The FlexGen demonstrates that if one is not as worried about latency, one can run a KV cached 175B parameter model on a single 16GB NVIDIA T4 (around $2000). A single layer of GPT-3 175B (96 layers) can fit on 16GB. So if we are okay paying the memory transfer costs of loading on and off VRAM (onto DRAM) for each layer, by converting to 4 bit datatype we can actually use a pretty large batch size on a single cheap GPU. Note that this isn’t necessarily the most practical strategy because while we can achieve high throughput with a large batch size we are still taking a really long time per step. So unless we have some user case where the user is fine waiting more than a minute per token, this isn’t really that useful as it might seem on the surface.
The Chinchilla paper makes some interesting analyses on scailing for LLMs. The basic takeaway is in addition to scaling with parameter size, we can improve LLMs by also training on more tokens. Basically we can achieve better performance by training a smaller model for longer on more tokens. This is corroborated by LLaMA where a 7B parameter model achieves similar benchmark scores as GPT-3 175B.
One should note that better performance on benchmarks like common sense reasoning do not necessarily mean better performance in real life.

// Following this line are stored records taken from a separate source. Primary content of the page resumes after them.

//! Checkpoints.
ghost use Rattle.std.specs.Prelude.{◌≡◌, ◌<◌, ◌^◌, IsTrue, nat_le, string_bytes};
ghost use Rattle.std.specs.List.{list_all};
ghost use Rattle.base64.specs.GeneralPurpose.{IsBytes};
ghost use Rattle.rp_seal_text.specs.Origin.{is_origin};

use rp_seal::NodeHash;

/// A checkpoint of a log: all of its entries, in one hash.
#[derive(Drop)]
pub struct Checkpoint {
    /// The name of the log, as `example.org/register`.
    pub origin: String,
    /// The number of entries.
    pub size: u64,
    /// The root hash of the tree over all entries.
    pub root: NodeHash,
    ghost named: { IsTrue (is_origin (string_bytes origin)) },
    // The ranges of the types, for whoever has a checkpoint by reference.
    ghost fits: { size < 2 ^ 64 },
    ghost bytes: { IsBytes root.bytes },
}

/// Returns whether `text` has no ASCII control character.
fn is_printable(text: &[u8]) -> bool
    ensures { result ≡ list_all (nat_le 32) text.now }
{
    text.iter().all(|byte| *byte >= b' ')
}

/// Returns whether `text` may be the origin of a log: it is not empty and has no ASCII control character.
fn is_origin(text: &str) -> bool
    ensures { result ≡ is_origin text.now }
{
    !text.is_empty() && is_printable(text.as_bytes())
}

impl Checkpoint {
    ghost use Rattle.std.specs.Prelude.{◌↔◌, IsSome, IfSome};
    ghost use Rattle.rp_seal_text.specs.Checkpoint.{fields_of};

    /// Creates a checkpoint of `size` entries with the root hash `root`; `None` if `origin` is empty or has an ASCII
    /// control character.
    pub fn new(origin: String, size: u64, root: NodeHash) -> Option<Checkpoint>
        ensures found { IsSome result ↔ IsTrue (is_origin (string_bytes origin)) }
        ensures value { IfSome result (λ c. fields_of c ≡ record { origin = string_bytes origin; size = size; root = root.bytes }) }
    {
        if is_origin(origin.as_str()) {
            Some(Checkpoint { origin, size, root })
        } else {
            None
        }
    }
}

One should also note that ChatGPT is not a vanilla language model but one that has been finetuned with RLHF, so one should not expect LLaMA or FLAN models to generate similar responses. It is also certainly a possibility that the real resource intensive thing for “ChatGPT use” is the ability to do RLHF, and that without this the models are not as interesting aside from performing well on benchmarks. It also seems true that optimizing large scale training with less resources is a much harder problem than optimizing inference.
There is an interesting direction that I can see playing out, however. There may be a future where it is increasingly easier to use very good LLMs requiring less expensive hardware and that there will be an open source culture of modifying models like LLaMA for practical use locally. It would also be cool if people figure out how to do low cost RLHF (although I could see where this is infeasible). Imagine crafy individuals being able to run a DaVinci quality model on their own GPU and being able to tune it to various bespoke needs and then releasing such models to the public.